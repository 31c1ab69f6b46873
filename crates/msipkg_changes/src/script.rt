//! `exec FILE --from PATH`: statements in a file, each of which ends with a semicolon.

use msipkg_packages::output::{Failure, System};
use std::alloc::{AllocError, Global};
use std::{io, mem};

/// Returns the statements of a file, or of standard input where the path is `-`. Semicolons part them, and `--` begins
/// a comment that goes on to the end of its line; in quotes both stand for themselves.
///
/// # Errors
/// Fails if the file can't be read or isn't in UTF-8, if a quote isn't closed, and if memory is refused.
pub fn read_script(rt: &System, path: &str) -> Result<Vec<String>, Failure> {
    match script_in(rt, path) {
        Ok(statements) => Ok(statements),
        Err(failure) => Err(failure.at(rt.alloc(), "file", path)),
    }
}

fn script_in(rt: &System, path: &str) -> Result<Vec<String>, Failure> {
    let text = text_of(rt, path)?;
    statements_of(rt.alloc(), text.as_str())
}

fn text_of(rt: &System, path: &str) -> Result<String, Failure> {
    if path == "-" {
        return Ok(io::read_to_string(rt.alloc(), rt.rt.stdin())?);
    }
    match String::from_utf8(rt.read(path)?) {
        Ok(text) => Ok(text),
        Err(_) => Err(Failure::rule("it isn't in UTF-8")),
    }
}

fn statements_of(alloc: Global, text: &str) -> Result<Vec<String>, Failure> {
    let mut cutter = Cutter {
        alloc,
        statements: Vec::new(alloc),
        statement: String::new(alloc),
        state: State::Plain,
    };
    cutter.take_all(text)?;
    cutter.end()?;
    if cutter.is_quoted() {
        return Err(Failure::rule("the last quote isn't closed"));
    }
    Ok(cutter.into_statements())
}

/// What the next character belongs to.
#[derive(Clone, Copy)]
enum State {
    /// A statement.
    Plain,
    /// What a minus stands in front of, which may be a comment.
    Minus,
    /// A comment.
    Comment,
    /// What stands in these quotes.
    Quoted(char),
    /// What a backslash stands in front of, in double quotes.
    Escaped,
}

/// A text that is being cut into statements.
struct Cutter {
    alloc: Global,
    statements: Vec<String>,
    statement: String,
    state: State,
}

/// Written out, so that a function that owns one calls one drop, and its proof doesn't go through those of the parts.
impl Drop for Cutter {
    fn drop(self) {
        let Cutter {
            alloc: _,
            statements: _,
            statement: _,
            state: _,
        } = self;
    }
}

impl Cutter {
    fn into_statements(self) -> Vec<String> {
        let Cutter {
            alloc: _,
            statements,
            statement: _,
            state: _,
        } = self;
        statements
    }

    fn is_quoted(&self) -> bool {
        matches!(self.state, State::Quoted(_) | State::Escaped)
    }

    fn take_all(&mut self, text: &str) -> Result<(), AllocError> {
        for c in text.chars() {
            self.take(c)?;
        }
        Ok(())
    }

    fn take(&mut self, c: char) -> Result<(), AllocError> {
        match self.state {
            State::Plain => self.take_plain(c),
            State::Minus if c == '-' => {
                self.state = State::Comment;
                Ok(())
            }
            State::Minus => {
                self.statement.push('-')?;
                self.take_plain(c)
            }
            State::Comment => self.take_comment(c),
            State::Quoted(quote) => self.take_quoted(quote, c),
            State::Escaped => {
                self.state = State::Quoted('"');
                self.statement.push(c)
            }
        }
    }

    fn take_plain(&mut self, c: char) -> Result<(), AllocError> {
        self.state = match c {
            '-' => State::Minus,
            '\'' | '"' | '`' => State::Quoted(c),
            _ => State::Plain,
        };
        match c {
            ';' => self.end(),
            '-' => Ok(()),
            _ => self.statement.push(c),
        }
    }

    /// Takes a character of a comment, which becomes a blank at its end.
    fn take_comment(&mut self, c: char) -> Result<(), AllocError> {
        if c != '\n' {
            return Ok(());
        }
        self.state = State::Plain;
        self.statement.push(' ')
    }

    fn take_quoted(&mut self, quote: char, c: char) -> Result<(), AllocError> {
        if c == quote {
            self.state = State::Plain;
        } else if c == '\\' && quote == '"' {
            self.state = State::Escaped;
        }
        self.statement.push(c)
    }

    fn end(&mut self) -> Result<(), AllocError> {
        if matches!(self.state, State::Minus) {
            self.statement.push('-')?;
        }
        let next = String::new(self.alloc);
        let statement = mem::replace(&mut self.statement, next);
        let text = statement.as_str().trim();
        if !text.is_empty() {
            self.statements.push(String::from_str(self.alloc, text)?)?;
        }
        Ok(())
    }
}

> Your assignment
Copy each line of the listing that carries the string "rule".

> Your solution
        Err(_) => Err(Failure::rule("it isn't in UTF-8")),
        return Err(Failure::rule("the last quote isn't closed"));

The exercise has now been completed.